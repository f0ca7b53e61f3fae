//! What a token is for.

/// What a token is for. A text is empty where there is none.
#[derive(Debug, PartialEq, Eq, Hash, Drop)]
pub struct TokenName {
    /// Its scopes, as the request has them (RFC 6749, 3.3). Texts with another order are other
    /// names.
    pub scopes: String,
    /// The service that accepts it (RFC 8707, 2; RFC 8693, 2.1).
    pub audience: String,
    /// The user whom it is for.
    pub subject: String,
}
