//! The revocation of a token (RFC 7009, section 2).

ghost use Rattle.std.specs.Prelude.{◌≡◌, ◌++◌, ◌∷◌, [], IfOk, IsOkAnd, IsErrAnd, Err, codes};
ghost use Rattle.http_uri.specs.Uri.{SpellsNone};
ghost use Rattle.url.specs.Parts.{serialize};
ghost use Rattle.oauth2_wire.specs.ConfigurationError.{IsInsecureUrl};
ghost use Rattle.oauth2_wire.specs.Once.{AsksOnce, KeepsSuccess};
ghost use Rattle.oauth2_wire.specs.Reply.{status_answer_of};
ghost use Rattle.oauth2_wire.specs.Request.{IsRequestOf, view_of};
ghost use Rattle.oauth2_wire.specs.Texts.{param_bytes};
ghost use Rattle.oauth2_requests.specs.TokenRevocation.{IsHttps, revocation_configuration};

use crate::base_request::BaseRequest;
use oauth2_codes::ErrorResponse;
use oauth2_replies::RevocableToken;
use oauth2_urls::RevocationUrl;
use oauth2_wire::{
    ConfigurationError, HttpRequest, ParamText, RequestFault, RequestTokenError, SyncHttpClient,
    send_once_status_only,
};
use std::alloc::{AllocError, Global};
use std::marker::{Model, PhantomData};

/// A request to revoke a token.
#[derive(Drop)]
#[derive_where(Debug; RT)]
pub struct RevocationRequest<'a, RT, TRE>
where
    RT: RevocableToken,
{
    base: BaseRequest<'a>,
    revocation_url: &'a RevocationUrl,
    token: RT,
    phantom: PhantomData<TRE>,
}

impl<'a, RT, TRE> Model for RevocationRequest<'a, RT, TRE>
where
    RT: RevocableToken,
{
    ghost use Rattle.oauth2_requests.specs.TokenRevocation.{TokenRevocation};

    ghost Value = { TokenRevocation };

    ghost view = { λ r. record {
      base = r.base;
      revocation_url = r.revocation_url.now;
      token = RT.secret r.token;
      token_type_hint = RT.type_hint r.token;
    } };
}

impl<'a, RT: RevocableToken, TRE> RevocationRequest<'a, RT, TRE> {
    /// The POST that `request` sends. The error is `NotHttp` if the endpoint URL is not an HTTP
    /// target.
    pub fn prepare_request(&self, alloc: Global) -> Result<HttpRequest, RequestFault>
        ensures ok { IfOk result (λ r. IsRequestOf (revocation_configuration self.now)
            (serialize self.now.revocation_url.url) (view_of r)) }
        ensures not_http { result ≡ Err RequestFault.NotHttp
            → SpellsNone (serialize self.now.revocation_url.url) }
    {
        let url = self.revocation_url.url();
        let token = ("token", self.token.secret());
        match self.token.type_hint() {
            None => self.base.prepare(alloc, url, None, &[token]),
            Some(hint) => self
                .base
                .prepare(alloc, url, None, &[token, ("token_type_hint", hint)]),
        }
    }
}

impl<'a, RT: RevocableToken + Drop, TRE> RevocationRequest<'a, RT, TRE> {
    /// A request to this endpoint. The error is `InsecureUrl` if its URL is not an `https` URL
    /// (RFC 7009, section 2); the token is dropped then.
    pub fn new(
        base: BaseRequest<'a>,
        revocation_url: &'a RevocationUrl,
        token: RT,
    ) -> Result<Self, ConfigurationError>
        ensures secure { IsHttps revocation_url.now → IsOkAnd result (λ r. r ≡ record {
          base = base.entry;
          revocation_url = revocation_url.now;
          token = RT.secret token;
          token_type_hint = RT.type_hint token;
        }) }
        ensures insecure { ¬ (IsHttps revocation_url.now)
            → IsErrAnd result (IsInsecureUrl (codes "revocation")) }
    {
        if revocation_url.url().scheme() != "https" {
            return Err(ConfigurationError::InsecureUrl("revocation"));
        }
        Ok(RevocationRequest {
            base,
            revocation_url,
            token,
            phantom: PhantomData,
        })
    }

    /// Adds an extra parameter. If the request itself sends a parameter with that name, both are
    /// sent.
    pub fn add_extra_param(
        mut self,
        name: ParamText<'a>,
        value: ParamText<'a>,
    ) -> Result<Self, AllocError>
        ensures { let added = (param_bytes name.entry, param_bytes value.entry) ∷ [] in
            IfOk result (λ r. r ≡ record self.entry {
              base =
                  record self.entry.base { extra_params = self.entry.base.extra_params ++ added };
            }) }
    {
        self.base.add_extra_param(name, value)?;
        Ok(self)
    }
}

impl<'a, RT: RevocableToken + Drop, TRE: ErrorResponse> RevocationRequest<'a, RT, TRE> {
    /// Sends the request once. `Ok` means that the token is revoked, or that the server does not
    /// know such a token (RFC 7009, section 2.2).
    pub fn request<C: SyncHttpClient>(
        self,
        alloc: Global,
        http_client: &mut C,
    ) -> Result<(), RequestTokenError<C::Error, TRE>>
        requires { C.is_ready http_client.old }
        ensures once { AsksOnce (λ done. done) TRE.meaning C.step
            (status_answer_of TRE.reading) (IsRequestOf (revocation_configuration self.entry))
            (serialize self.entry.revocation_url.url) http_client.old result http_client.new }
        ensures success { AsksOnce (λ done. done) TRE.meaning (KeepsSuccess C.step result)
            (status_answer_of TRE.reading) (IsRequestOf (revocation_configuration self.entry))
            (serialize self.entry.revocation_url.url) http_client.old result http_client.new }
        ensures ready { C.is_ready http_client.new }
    {
        let prepared = self.prepare_request(alloc);
        send_once_status_only(alloc, prepared, http_client)
    }
}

_EXERCISE GOAL_
Copy out each line of the records above that includes "TokenRevocation".

_PROBLEM SOLUTION_
ghost use Rattle.oauth2_requests.specs.TokenRevocation.{IsHttps, revocation_configuration};
    ghost use Rattle.oauth2_requests.specs.TokenRevocation.{TokenRevocation};
    ghost Value = { TokenRevocation };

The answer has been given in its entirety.